Baseball has draft pick compensation for departed free agents, but it wouldn't be applicable here, even if the NBA had the same system. Under the MLB system, you'd need to offer the player arbitration before he leaves (in order to show you wanted to keep him but couldn't; no compensation for players you want gone). Portland would never offer Stoudamire arbitration...the chance of him winning a bigger offer than he could get on the market is too high, so he'd probably accept. Making him a Blazer for another year at a nice contract value.


----------



## Ed O (Dec 30, 2002)

The NFL has the franchise/transition tags for their players, which dramatically restrict key player movement by making the signing team give up picks.

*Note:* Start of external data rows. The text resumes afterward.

//! What is noted of a word and of a member.
ghost use Rattle.std.specs.Prelude.{◌≡◌, ◌++◌, OnOk};
ghost use Rattle.sw_isolation_table.specs.Known.{answers_of};
ghost use Rattle.sw_isolation_rules.specs.Noting.{use_notes, used_at, word_notes};
ghost use Rattle.sw_typing_rules.specs.Worlds.{world_of};

use crate::lookups::{no_base, used};
use crate::steps::use_notes;
use std::alloc::AllocError;
use sw_decls::Decls;
use sw_isolation_captures::mention_word;
use sw_isolation_rules::{Base, Context, Note};
use sw_list::ListOf;
use sw_typing_table::Typed;

/// Notes a member after `base`, whose own notes stand before.
pub fn member_notes(
    world: &Decls,
    typed: &Typed,
    context: Context,
    base: Base,
    at: u32,
    notes: &mut ListOf<Note>,
) -> Result<(), AllocError>
    ensures { OnOk result (notes.new ≡ notes.old ++ use_notes context at
        (used_at (world_of world.now) (answers_of typed.now) context base at)) }
{
    let one = used(world, typed, context.owner, base, at);
    use_notes(context, at, one, notes)
}

/// Notes a word, which may leave out `self.`: what it mentions, and then its use.
pub fn word_notes(
    world: &Decls,
    typed: &Typed,
    context: Context,
    at: u32,
    notes: &mut ListOf<Note>,
) -> Result<(), AllocError>
    ensures { OnOk result (notes.new ≡ notes.old
        ++ word_notes (world_of world.now) (answers_of typed.now) context at) }
{
    mention_word(world, typed, context.owner, at, notes)?;
    member_notes(world, typed, context, no_base(), at, notes)
}
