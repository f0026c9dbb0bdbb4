//! Laws, without code: what the functions of programs return.
ghost use Rattle.std.specs.Prelude.{ℕ, List, None, All};
ghost use Rattle.sw_tree.specs.CasePlaces.{CasesApart};
ghost use Rattle.sw_tree.specs.Contents.{AreKeyed};
ghost use Rattle.sw_tree.specs.declared.decl.Decl.{Decl};
ghost use Rattle.sw_decls.specs.Declaring.{IsFirstBreach};
ghost use Rattle.sw_decls.specs.declared.signature.AsyncDefault.{AsyncDefault};
ghost use Rattle.sw_typing_rules.specs.Programs.{IsFirstIll};
ghost use Rattle.sw_typing_rules.specs.Worlds.{IsWorldOf, World};
ghost use Rattle.sw_graph.specs.Supplied.{ReturnsResult};
ghost use Rattle.sw_lower_code.specs.Whole.{Body};
ghost use Rattle.sw_lower_rules.specs.Bodies.{AreMade, AreNumbered, AreOrdered, functions_of};
ghost use Rattle.sw_lower_rules.specs.Tables.{Isolation};
ghost use Rattle.sw_lower_formed_facts.specs.Programs.{tables_in};

/// The functions of a program that keeps the rules on declarations and on types return their
/// results: a return of nothing that a sure way leads to stands in a function that gives nothing.
/// Each function is found by its name, and its code runs to its end.
pub fn functions_return_their_results()
    ensures { (decls : List Decl) (rule : AsyncDefault) (world : World) (isolation : Isolation)
        (ordered : List Body) → AreKeyed decls → CasesApart decls → IsFirstBreach decls None
        → IsWorldOf decls rule world → IsFirstIll world decls None
        → AreOrdered (tables_in world isolation decls) decls ordered → AreNumbered ordered
        → AreMade ordered → All ReturnsResult (functions_of ordered) }
{}
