//! The codes that are said here.

/// What is synchronous and another actor's, in a synchronous body.
pub const OTHER_ACTOR: u16 = 501;

/// What needs an `await` and has none, in an asynchronous body.
pub const NO_AWAIT: u16 = 502;

/// What is asynchronous, in a synchronous body.
pub const NOT_ASYNC: u16 = 503;

/// Another actor's storage that is assigned.
pub const WRITTEN: u16 = 504;

/// The result of a call that crosses and may not.
pub const CALL_RESULT: u16 = 604;

/// The result of a task that may not cross.
pub const TASK_RESULT: u16 = 605;

/// A `let` of another actor that may not cross.
pub const OTHER_LET: u16 = 606;
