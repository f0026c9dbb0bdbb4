//! How types, closures and tasks are isolated.
ghost use Rattle.std.specs.Prelude.{◌≡◌};
ghost use Rattle.sw_isolation_table.specs.Known.{answers_of};
ghost use Rattle.sw_isolation_rules.specs.Kinds.{is_isolated, kind_iso, shape_iso};
ghost use Rattle.sw_isolation_rules.specs.Noting.{closure_iso, task_iso, unmarked_iso};
ghost use Rattle.sw_typing_rules.specs.Worlds.{world_of};

use crate::known::marked_at;
use sw_decl_words::written_actor;
use sw_decls::{Decls, actor_iso};
use sw_isolation_rules::inherited;
use sw_tree::{Name, Written};
use sw_types::{Iso, Shape, ShapeKind};
use sw_typing_table::Typed;

/// The isolation of what a type of this kind stores, with its global actor.
pub fn kind_iso(kind: ShapeKind, actor: Option<u32>) -> Iso
    ensures { result ≡ kind_iso kind actor }
{
    match kind {
        ShapeKind::Struct | ShapeKind::Enum => Iso::Free,
        ShapeKind::Class => actor_iso(actor),
        ShapeKind::Actor => Iso::Own,
    }
}

/// The isolation of what a type stores.
pub fn shape_iso(shape: &Shape) -> Iso
    ensures { result ≡ shape_iso shape.now }
{
    kind_iso(shape.kind, shape.actor)
}

/// Whether it is the isolation to an actor.
pub fn is_isolated(iso: Iso) -> bool
    ensures { result ≡ is_isolated iso }
{
    match iso {
        Iso::Own | Iso::Global(_) => true,
        Iso::Free | Iso::Caller => false,
    }
}

/// The isolation of the closure with this key, in a body that is isolated as `around`.
#[tactic(auto, unfolding(sw_isolation_rules::specs::Noting::closure_iso))]
pub fn closure_iso(typed: &Typed, at: u32, around: Iso) -> Iso
    ensures { result ≡ closure_iso (answers_of typed.now) at around }
{
    if marked_at(typed, at) {
        Iso::Free
    } else {
        inherited(around)
    }
}

/// The isolation of a task without a global actor.
fn unmarked_iso(detached: bool, around: Iso) -> Iso
    ensures { result ≡ unmarked_iso detached around }
{
    if detached {
        Iso::Free
    } else {
        inherited(around)
    }
}

/// The isolation of a task with this global actor or none, in a body that is isolated as `around`.
#[tactic(auto, unfolding(sw_isolation_rules::specs::Noting::task_iso))]
pub fn task_iso(world: &Decls, mark: Option<Name>, detached: bool, around: Iso) -> Iso
    ensures { result ≡ task_iso (world_of world.now) mark detached around }
{
    match mark {
        None => unmarked_iso(detached, around),
        Some(mark) => actor_iso(written_actor(&world.words, Written::At(mark))),
    }
}
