//! What is noted of uses, by the context where they stand.
ghost use Rattle.std.specs.Prelude.{◌≡◌, ◌++◌, ◌∷◌, [], not, if◌then◌else◌, OnOk};
ghost use Rattle.std.specs.Option.{option_copied};
ghost use Rattle.sw_isolation_table.specs.Known.{answers_of};
ghost use Rattle.sw_isolation_rules.specs.Kinds.{accessor};
ghost use Rattle.sw_isolation_rules.specs.Noting.{await_notes, body_note, call_notes, race_if};
ghost use Rattle.sw_isolation_rules.specs.Noting.{read_notes, refused_if, result_races};
ghost use Rattle.sw_isolation_rules.specs.Noting.{store_notes, task_races, task_result, use_notes};
ghost use Rattle.sw_isolation_rules.specs.Noting.{write_notes};
ghost use Rattle.sw_typing_rules.specs.Worlds.{world_of};

use crate::codes::{
    CALL_RESULT, NO_AWAIT, NOT_ASYNC, OTHER_ACTOR, OTHER_LET, TASK_RESULT, WRITTEN,
};
use crate::known::may_cross;
use std::alloc::AllocError;
use sw_decl_words::Placed;
use sw_decls::Decls;
use sw_isolation_rules::{
    BodyIso, Callee, Context, Kinded, Note, Storage, Used, accessor, is_outside, is_strong,
    kind_of, needs_await,
};
use sw_list::ListOf;
use sw_types::{Iso, Ty};
use sw_typing_table::Typed;

/// Notes a body: its key, its isolation, and whether it is asynchronous.
pub fn note_body(
    key: u32,
    iso: Iso,
    is_async: bool,
    notes: &mut ListOf<Note>,
) -> Result<(), AllocError>
    ensures { OnOk result (notes.new ≡ notes.old ++ body_note key iso is_async ∷ []) }
{
    notes.push(Note::Body(BodyIso { key, iso, is_async }))
}

/// Notes a breach of isolation, where there is one.
fn refuse_if(fails: bool, at: u32, code: u16, notes: &mut ListOf<Note>) -> Result<(), AllocError>
    ensures { OnOk result (notes.new ≡ notes.old ++ refused_if fails at code) }
{
    if fails {
        notes.push(Note::Refused(Placed { at, code }))?;
    }
    Ok(())
}

/// Notes a value that may not cross, where there is one.
fn race_if(fails: bool, at: u32, code: u16, notes: &mut ListOf<Note>) -> Result<(), AllocError>
    ensures { OnOk result (notes.new ≡ notes.old ++ race_if fails at code) }
{
    if fails {
        notes.push(Note::Race(Placed { at, code }))?;
    }
    Ok(())
}

/// Notes the breach, if there is one, of something at `at` that needs an `await` (E501 to E503).
pub fn await_notes(
    context: Context,
    at: u32,
    is_async: bool,
    notes: &mut ListOf<Note>,
) -> Result<(), AllocError>
    ensures { OnOk result (notes.new ≡ notes.old ++ await_notes context at is_async) }
{
    if context.is_async {
        refuse_if(!context.awaited, at, NO_AWAIT, notes)
    } else if is_async {
        refuse_if(true, at, NOT_ASYNC, notes)
    } else {
        refuse_if(true, at, OTHER_ACTOR, notes)
    }
}

/// Notes the breach of something at `at`, where it needs an `await`.
fn await_if(
    needs: bool,
    context: Context,
    at: u32,
    is_async: bool,
    notes: &mut ListOf<Note>,
) -> Result<(), AllocError>
    ensures { OnOk result (notes.new
        ≡ notes.old ++ (if needs then await_notes context at is_async else [])) }
{
    if needs {
        await_notes(context, at, is_async, notes)
    } else {
        Ok(())
    }
}

/// Notes a call: its kind, the breach of a missing `await`, and a result that crosses and may not
/// (E604). `may_cross` is whether the result may.
pub fn call_notes(
    context: Context,
    at: u32,
    callee: Callee,
    may_cross: bool,
    notes: &mut ListOf<Note>,
) -> Result<(), AllocError>
    ensures { OnOk result (notes.new ≡ notes.old ++ call_notes context at callee may_cross) }
{
    let kind = kind_of(callee, context.iso);
    let needs = needs_await(kind, callee.is_async);
    notes.push(Note::Kind(Kinded { at, kind }))?;
    await_if(needs, context, at, callee.is_async, notes)?;
    race_if(is_strong(kind) && !may_cross, at, CALL_RESULT, notes)
}

/// Notes the reading of storage that is outside.
fn outside_notes(
    context: Context,
    at: u32,
    storage: Storage,
    notes: &mut ListOf<Note>,
) -> Result<(), AllocError>
    ensures { OnOk result (notes.new ≡ notes.old ++
        (if storage.mutable then call_notes context at (accessor storage) storage.may_cross
        else race_if (not storage.may_cross) at 606)) }
{
    if storage.mutable {
        call_notes(context, at, accessor(storage), storage.may_cross, notes)
    } else {
        race_if(!storage.may_cross, at, OTHER_LET, notes)
    }
}

/// Notes the reading of storage: a `var` of another actor is read by a call, and of a `let` the
/// value must be Sendable (E606).
pub fn read_notes(
    context: Context,
    at: u32,
    storage: Storage,
    notes: &mut ListOf<Note>,
) -> Result<(), AllocError>
    ensures { OnOk result (notes.new ≡ notes.old ++ read_notes context at storage) }
{
    if is_outside(context, storage) {
        outside_notes(context, at, storage, notes)
    } else {
        Ok(())
    }
}

/// Notes the writing of storage, which is a breach where that is another actor's (E504).
pub fn write_notes(
    context: Context,
    at: u32,
    storage: Storage,
    notes: &mut ListOf<Note>,
) -> Result<(), AllocError>
    ensures { OnOk result (notes.new ≡ notes.old ++ write_notes context at storage) }
{
    refuse_if(is_outside(context, storage), at, WRITTEN, notes)
}

/// Notes a use, by what is used.
pub fn use_notes(
    context: Context,
    at: u32,
    one: Used,
    notes: &mut ListOf<Note>,
) -> Result<(), AllocError>
    ensures { OnOk result (notes.new ≡ notes.old ++ use_notes context at one) }
{
    match one {
        Used::Called { callee, may_cross } => call_notes(context, at, callee, may_cross, notes),
        Used::Stored(storage) => read_notes(context, at, storage, notes),
        Used::Waited => await_notes(context, at, true, notes),
        Used::Field | Used::Nothing => Ok(()),
    }
}

/// Notes the assignment to a place that is one word, by what the word is. A part of a struct's
/// value is written without a note.
pub fn store_notes(
    context: Context,
    at: u32,
    one: Used,
    notes: &mut ListOf<Note>,
) -> Result<(), AllocError>
    ensures { OnOk result (notes.new ≡ notes.old ++ store_notes context at one []) }
{
    match one {
        Used::Stored(storage) => write_notes(context, at, storage, notes),
        Used::Called { .. } | Used::Field | Used::Waited | Used::Nothing => Ok(()),
    }
}

/// The type of a task's result.
fn task_result(ty: Option<&Ty>) -> Option<&Ty>
    ensures { option_copied result ≡ task_result (option_copied ty.entry) }
{
    match ty {
        Some(Ty::Task(inner)) => Some(inner.get()),
        Some(Ty::Int | Ty::Bool | Ty::Unit | Ty::Named(_) | Ty::Func { .. }) | None => None,
    }
}

/// Notes that the result of the task at `at` may not cross, where it has this type.
fn result_races(
    world: &Decls,
    at: u32,
    ty: Option<&Ty>,
    notes: &mut ListOf<Note>,
) -> Result<(), AllocError>
    ensures { OnOk result (notes.new ≡ notes.old
        ++ result_races (world_of world.now) at (option_copied ty.entry)) }
{
    match ty {
        None => Ok(()),
        Some(ty) => race_if(!may_cross(world, ty), at, TASK_RESULT, notes),
    }
}

/// Notes that the result of the task at `at` may not cross (E605), where it may not.
#[tactic(auto, unfolding(sw_isolation_rules::specs::Noting::task_races))]
pub fn task_races(
    world: &Decls,
    typed: &Typed,
    at: u32,
    notes: &mut ListOf<Note>,
) -> Result<(), AllocError>
    ensures { OnOk result (notes.new ≡ notes.old
        ++ task_races (world_of world.now) (answers_of typed.now) at) }
{
    result_races(world, at, task_result(typed.ty_at(at)), notes)
}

For a franchise player, I believe that the signing team needs to give up two first round picks... which is just a crazy price considering (a) depth is so critical in the NFL, and (b) the hard cap makes big contracts more painful, and a franchise tagged player is going to make a lot of money.

As with MLB, there's a process for this tagging... the "carrot" is that players are offered certain salaries that slide based on what other players at their position make (for franchise players, I believe it's average of the top 5).

The NBA has the most liberal, pro-player, free agency system amongst the big 3 sports, and I don't see them being willing to enlarge the restricted free agency rules. Who knows, though.

Ed O.


----------



## dkap (May 13, 2003)

A sign and trade _could_ involve a third team, right?

Dan


----------



## MAS RipCity (Feb 22, 2003)

Shoot, I'll take Mike Sweetney for Mouse. I'd rather have Chris Taft via the draft, but Sweetney is a big body who plays pretty well as of late.


----------



## ProudBFan (Apr 29, 2003)

Damon or Salim?

:groucho:

PBF


----------



## mediocre man (Feb 24, 2004)

Getting rid of Damon period would be like recieving something for him. I think he is th emain reason our defense suffers. 


And just say no to another undersized Stoudamire


----------



## Blazerfan024 (Aug 15, 2003)

They can have him, but is Damon gonna want to play behind Marbury or behind Jamal?


----------



## Minstrel (Dec 31, 2002)

Blazerfan024 said:


> They can have him, but is Damon gonna want to play behind Marbury or behind Jamal?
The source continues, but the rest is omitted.